YOUR GOAL:
Scan the material for the word "ProcessPlaces", then return every line where it appears.

MATERIAL FOR THE TASK:

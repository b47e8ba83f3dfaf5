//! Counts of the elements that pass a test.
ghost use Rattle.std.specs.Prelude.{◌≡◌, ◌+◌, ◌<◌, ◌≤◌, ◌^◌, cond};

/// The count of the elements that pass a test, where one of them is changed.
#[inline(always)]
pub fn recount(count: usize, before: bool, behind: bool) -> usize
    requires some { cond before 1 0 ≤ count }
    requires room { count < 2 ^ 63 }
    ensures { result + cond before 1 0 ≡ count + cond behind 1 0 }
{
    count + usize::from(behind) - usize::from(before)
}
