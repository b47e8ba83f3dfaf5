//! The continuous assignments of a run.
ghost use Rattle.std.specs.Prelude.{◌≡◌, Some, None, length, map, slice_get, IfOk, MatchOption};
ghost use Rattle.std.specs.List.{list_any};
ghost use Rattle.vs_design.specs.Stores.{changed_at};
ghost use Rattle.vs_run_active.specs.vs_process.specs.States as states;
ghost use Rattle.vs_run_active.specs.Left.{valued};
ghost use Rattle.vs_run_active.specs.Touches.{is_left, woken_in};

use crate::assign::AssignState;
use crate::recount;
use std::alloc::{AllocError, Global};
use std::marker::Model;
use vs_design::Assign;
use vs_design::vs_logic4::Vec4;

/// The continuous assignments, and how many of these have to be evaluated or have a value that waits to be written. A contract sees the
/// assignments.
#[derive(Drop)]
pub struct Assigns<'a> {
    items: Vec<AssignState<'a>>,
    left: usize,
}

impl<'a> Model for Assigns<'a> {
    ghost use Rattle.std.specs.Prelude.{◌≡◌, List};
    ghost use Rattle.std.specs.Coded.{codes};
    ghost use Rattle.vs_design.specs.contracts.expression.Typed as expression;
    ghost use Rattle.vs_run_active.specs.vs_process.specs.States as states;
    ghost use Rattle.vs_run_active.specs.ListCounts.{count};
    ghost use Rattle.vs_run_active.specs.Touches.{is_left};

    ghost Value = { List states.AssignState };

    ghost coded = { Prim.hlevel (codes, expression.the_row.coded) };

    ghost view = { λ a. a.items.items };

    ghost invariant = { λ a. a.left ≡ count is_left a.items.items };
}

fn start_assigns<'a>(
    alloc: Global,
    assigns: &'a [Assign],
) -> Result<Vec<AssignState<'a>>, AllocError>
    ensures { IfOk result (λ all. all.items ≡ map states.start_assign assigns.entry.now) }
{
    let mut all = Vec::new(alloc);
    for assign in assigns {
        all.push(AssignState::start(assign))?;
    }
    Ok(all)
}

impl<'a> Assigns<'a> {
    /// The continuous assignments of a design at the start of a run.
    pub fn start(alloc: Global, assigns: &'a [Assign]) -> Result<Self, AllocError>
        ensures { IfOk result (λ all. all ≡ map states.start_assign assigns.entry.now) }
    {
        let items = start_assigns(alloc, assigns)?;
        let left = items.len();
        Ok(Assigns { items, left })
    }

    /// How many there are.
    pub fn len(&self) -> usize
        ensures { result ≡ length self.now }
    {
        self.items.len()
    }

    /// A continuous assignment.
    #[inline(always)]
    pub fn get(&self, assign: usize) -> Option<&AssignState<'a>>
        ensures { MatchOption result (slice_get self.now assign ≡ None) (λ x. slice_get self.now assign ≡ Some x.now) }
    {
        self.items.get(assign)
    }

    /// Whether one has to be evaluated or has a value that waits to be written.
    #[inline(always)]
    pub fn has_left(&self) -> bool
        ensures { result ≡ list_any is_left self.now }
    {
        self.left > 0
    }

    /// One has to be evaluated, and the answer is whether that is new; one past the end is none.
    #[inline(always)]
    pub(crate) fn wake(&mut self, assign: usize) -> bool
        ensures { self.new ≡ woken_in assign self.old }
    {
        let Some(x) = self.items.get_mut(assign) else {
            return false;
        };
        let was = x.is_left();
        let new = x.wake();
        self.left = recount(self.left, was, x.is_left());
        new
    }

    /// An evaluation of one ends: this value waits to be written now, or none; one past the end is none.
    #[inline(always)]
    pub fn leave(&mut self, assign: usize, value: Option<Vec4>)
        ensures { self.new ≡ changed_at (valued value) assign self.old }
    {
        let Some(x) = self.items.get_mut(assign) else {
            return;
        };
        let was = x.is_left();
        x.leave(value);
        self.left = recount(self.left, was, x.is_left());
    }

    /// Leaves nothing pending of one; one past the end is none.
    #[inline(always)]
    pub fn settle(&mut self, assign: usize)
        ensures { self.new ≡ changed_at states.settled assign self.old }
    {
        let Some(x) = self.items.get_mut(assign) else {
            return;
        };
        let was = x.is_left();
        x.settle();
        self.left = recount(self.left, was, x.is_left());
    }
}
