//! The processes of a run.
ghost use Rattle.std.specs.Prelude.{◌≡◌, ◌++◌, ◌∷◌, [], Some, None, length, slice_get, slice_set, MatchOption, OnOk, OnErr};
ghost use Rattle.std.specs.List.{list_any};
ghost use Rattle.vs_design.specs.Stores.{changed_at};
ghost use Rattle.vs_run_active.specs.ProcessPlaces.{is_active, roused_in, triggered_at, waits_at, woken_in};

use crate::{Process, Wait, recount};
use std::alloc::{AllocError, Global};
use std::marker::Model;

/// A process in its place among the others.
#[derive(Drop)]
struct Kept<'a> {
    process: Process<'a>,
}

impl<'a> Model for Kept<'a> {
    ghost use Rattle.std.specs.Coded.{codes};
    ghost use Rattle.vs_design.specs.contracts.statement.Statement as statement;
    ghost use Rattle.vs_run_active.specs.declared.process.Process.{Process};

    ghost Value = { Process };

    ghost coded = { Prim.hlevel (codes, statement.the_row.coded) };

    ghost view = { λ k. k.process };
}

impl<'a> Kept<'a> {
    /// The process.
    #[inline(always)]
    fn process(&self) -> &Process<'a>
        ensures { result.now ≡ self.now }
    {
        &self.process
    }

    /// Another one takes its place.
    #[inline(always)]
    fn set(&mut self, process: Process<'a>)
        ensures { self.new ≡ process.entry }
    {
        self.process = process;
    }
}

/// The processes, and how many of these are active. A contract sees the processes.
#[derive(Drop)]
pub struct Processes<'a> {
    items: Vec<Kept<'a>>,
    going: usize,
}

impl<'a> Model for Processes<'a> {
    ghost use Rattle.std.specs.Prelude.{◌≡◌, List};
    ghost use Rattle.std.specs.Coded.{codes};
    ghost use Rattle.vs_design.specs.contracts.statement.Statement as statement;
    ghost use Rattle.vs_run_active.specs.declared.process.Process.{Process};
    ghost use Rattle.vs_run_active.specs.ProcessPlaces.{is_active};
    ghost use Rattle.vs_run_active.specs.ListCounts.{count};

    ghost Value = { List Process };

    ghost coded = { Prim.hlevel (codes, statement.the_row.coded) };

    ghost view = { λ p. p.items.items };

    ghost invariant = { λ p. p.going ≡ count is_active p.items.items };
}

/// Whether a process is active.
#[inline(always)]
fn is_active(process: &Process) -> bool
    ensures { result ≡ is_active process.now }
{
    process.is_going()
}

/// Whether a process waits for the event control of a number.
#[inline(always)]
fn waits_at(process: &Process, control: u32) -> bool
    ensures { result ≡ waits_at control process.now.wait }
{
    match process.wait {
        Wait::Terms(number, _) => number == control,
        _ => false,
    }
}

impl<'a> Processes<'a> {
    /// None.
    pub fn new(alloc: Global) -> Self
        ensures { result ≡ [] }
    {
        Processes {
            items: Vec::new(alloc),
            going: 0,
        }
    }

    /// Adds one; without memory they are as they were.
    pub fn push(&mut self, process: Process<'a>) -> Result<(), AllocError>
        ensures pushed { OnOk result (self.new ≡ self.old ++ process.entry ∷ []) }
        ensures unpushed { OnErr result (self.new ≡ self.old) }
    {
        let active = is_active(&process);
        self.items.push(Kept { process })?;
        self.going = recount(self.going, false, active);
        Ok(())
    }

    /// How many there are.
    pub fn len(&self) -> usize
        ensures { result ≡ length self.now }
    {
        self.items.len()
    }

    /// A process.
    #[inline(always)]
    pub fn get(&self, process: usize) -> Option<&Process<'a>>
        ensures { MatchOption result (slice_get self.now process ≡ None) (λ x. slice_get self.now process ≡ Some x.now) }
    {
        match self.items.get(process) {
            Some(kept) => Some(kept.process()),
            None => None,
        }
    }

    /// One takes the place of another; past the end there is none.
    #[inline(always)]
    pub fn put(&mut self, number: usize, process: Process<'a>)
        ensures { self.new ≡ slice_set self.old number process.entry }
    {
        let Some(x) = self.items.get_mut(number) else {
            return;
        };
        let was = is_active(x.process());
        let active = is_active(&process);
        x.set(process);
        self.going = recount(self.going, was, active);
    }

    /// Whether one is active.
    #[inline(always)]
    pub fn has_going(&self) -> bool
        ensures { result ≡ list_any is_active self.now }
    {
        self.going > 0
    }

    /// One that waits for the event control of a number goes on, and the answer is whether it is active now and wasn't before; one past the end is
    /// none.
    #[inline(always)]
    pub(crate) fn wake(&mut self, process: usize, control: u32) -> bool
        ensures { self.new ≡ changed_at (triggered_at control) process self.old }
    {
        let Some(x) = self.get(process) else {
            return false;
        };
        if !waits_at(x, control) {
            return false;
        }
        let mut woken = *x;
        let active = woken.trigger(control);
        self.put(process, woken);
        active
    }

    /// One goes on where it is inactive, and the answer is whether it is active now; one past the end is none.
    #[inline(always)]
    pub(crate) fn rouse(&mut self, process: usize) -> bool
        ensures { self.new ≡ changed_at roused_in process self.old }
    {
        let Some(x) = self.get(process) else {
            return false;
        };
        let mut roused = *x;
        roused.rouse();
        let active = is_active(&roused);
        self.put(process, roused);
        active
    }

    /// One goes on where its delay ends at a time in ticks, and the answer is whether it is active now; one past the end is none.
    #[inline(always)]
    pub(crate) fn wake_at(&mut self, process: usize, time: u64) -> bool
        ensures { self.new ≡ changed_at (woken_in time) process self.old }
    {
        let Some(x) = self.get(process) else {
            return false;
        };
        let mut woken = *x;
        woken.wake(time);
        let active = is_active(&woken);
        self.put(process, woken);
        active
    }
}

OUTPUT FOR THIS EXERCISE:
ghost use Rattle.vs_run_active.specs.ProcessPlaces.{is_active, roused_in, triggered_at, waits_at, woken_in};
    ghost use Rattle.vs_run_active.specs.ProcessPlaces.{is_active};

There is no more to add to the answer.